March Madness is the greatest sporting event in the world because it reinforces a universal truth all fans would rather ignore. No one knows anything. The future is unknowable and the Saint Peter's of the world prove that over and over and over again. History cannot be written in advance, it must be cataloged in the present.

They're teams of destiny because they change destiny. Or what the rational portions of the brain believe is pre-written destiny. They grab the chisel and write their names on the wall by brute force and heroics. We're learning those names right now as we always do. They're forever welcomed into our consciousness.

Shaheen Holloway, the former player who feels like a sixth man at times with his unflappable demeanor. Daryl Banks III, the Los Angeles kid who created a big blue nation with 27 points against Kentucky. Doug Edert, who Kevin Harlan said looks like a young Sam Rockwell with supreme confidence and coolness — the mustache of a million memes.
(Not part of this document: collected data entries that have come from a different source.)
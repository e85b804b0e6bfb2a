//! The board of a run behind a lock, with its observers.
ghost use Rattle.std.specs.Prelude.{◌≡◌, [], IfOk};
ghost use Rattle.apex_observers.specs.Channels.{AreObservers};
ghost use Rattle.apex_workers.specs.Facts.{HasBoardFacts};

use crate::locked::{ask_lent, board_facts};
use apex_board::Board;
use apex_module::Config;
use apex_observers::{Observer, ObserverFault};
use apex_threads::{AskFault, SharedBoard};
use apex_types::{Call, Moment, Reply};
use std::alloc::Allocator;
use std::marker::Model;
use std::sync::{Mutex, MutexGuard, Wait};

/// A board with an observer of each of its sampling channels, in the channels' order.
pub(crate) struct ObservedBoard<A: Allocator> {
    board: Board<A>,
    observers: Vec<Observer<A>, A>,
}

impl<A: Allocator> Model for ObservedBoard<A> {
    ghost use Rattle.apex_observers.specs.Channels.{AreObservers};
    ghost use Rattle.apex_workers.specs.Observed.{ObservedView};

    ghost Value = { ObservedView };

    ghost view = { λ observed. record {
      board = observed.board;
      observers = observed.observers.items;
    } };

    ghost invariant = { λ observed.
        AreObservers observed.board.published observed.observers.items };
}

impl<A: Allocator + Copy> ObservedBoard<A> {
    /// A new board, with observers that have seen nothing.
    pub(crate) fn new<R: Wait>(
        rt: &R,
        alloc: A,
        config: Config,
    ) -> Result<ObservedBoard<A>, ObserverFault>
        ensures config { IfOk result (λ made. made.board.config ≡ config) }
        ensures log { IfOk result (λ made. made.board.log ≡ []) }
    {
        let (board, observers) = Board::with_observers(rt, alloc, config)?;
        Ok(ObservedBoard { board, observers })
    }
}

impl<A: Allocator> ObservedBoard<A> {
    /// The board, and its observers.
    pub(crate) fn into_parts(self) -> (Board<A>, Vec<Observer<A>, A>)
        ensures board { result.0 ≡ self.board }
        ensures observers { result.1.items ≡ self.observers }
        ensures whose { AreObservers result.0.published result.1.items }
        ensures facts { HasBoardFacts result.0 }
    {
        let ObservedBoard { board, observers } = self;
        board_facts(&board);
        (board, observers)
    }

    /// Ends the board.
    pub(crate) fn close<R: Wait>(self, rt: &R) {
        let (board, _observers) = self.into_parts();
        board.close(rt);
    }
}

/// A board with its observers, which one thread at a time holds.
pub(crate) struct LockedObservedBoard<A: Allocator> {
    observed: Mutex<ObservedBoard<A>>,
}

impl<A: Allocator> LockedObservedBoard<A> {
    /// The board behind a free lock.
    pub(crate) fn new(observed: ObservedBoard<A>) -> LockedObservedBoard<A> {
        LockedObservedBoard {
            observed: Mutex::new(observed),
        }
    }

    /// Returns the board with its observers. No contract says which log it has by then.
    pub(crate) fn into_observed(self) -> ObservedBoard<A> {
        let LockedObservedBoard { observed } = self;
        observed.into_inner()
    }
}

impl<A: Allocator + Send + Sync> SharedBoard for LockedObservedBoard<A> {
    /// Holds the lock only for this call.
    fn ask<R: Wait>(
        &self,
        rt: &R,
        partition: usize,
        at: Moment,
        call: &Call,
    ) -> Result<Reply, AskFault> {
        let mut guard = self.observed.lock(rt);
        let answer = ask_lent(rt, &mut guard.board, partition, at, call);
        MutexGuard::unlock(guard);
        answer
    }
}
A bandwagon has amassed to a side rivaling any of these storybook teams, surely the largest since Loyola with the potential to break ll of the records. Cinderellas speak to us because we all have a chip on our shoulder, no matter how hard we try to deny it. They are avatars for disrespect and constraints. To see them overcome, seemingly always on sheer will no matter how much physical talent is ever-present, affirms something inside. We champion these Davids as they slay Goliaths, most importantly, because it feels so damn good.

It's harder today than ever before to share a reality with a near-universal approval rating. Saint Peter's is that miracle, that one-in-a-million event horizon that's welcomed with open arms and pleas to cut down the nets and stay a little while longer.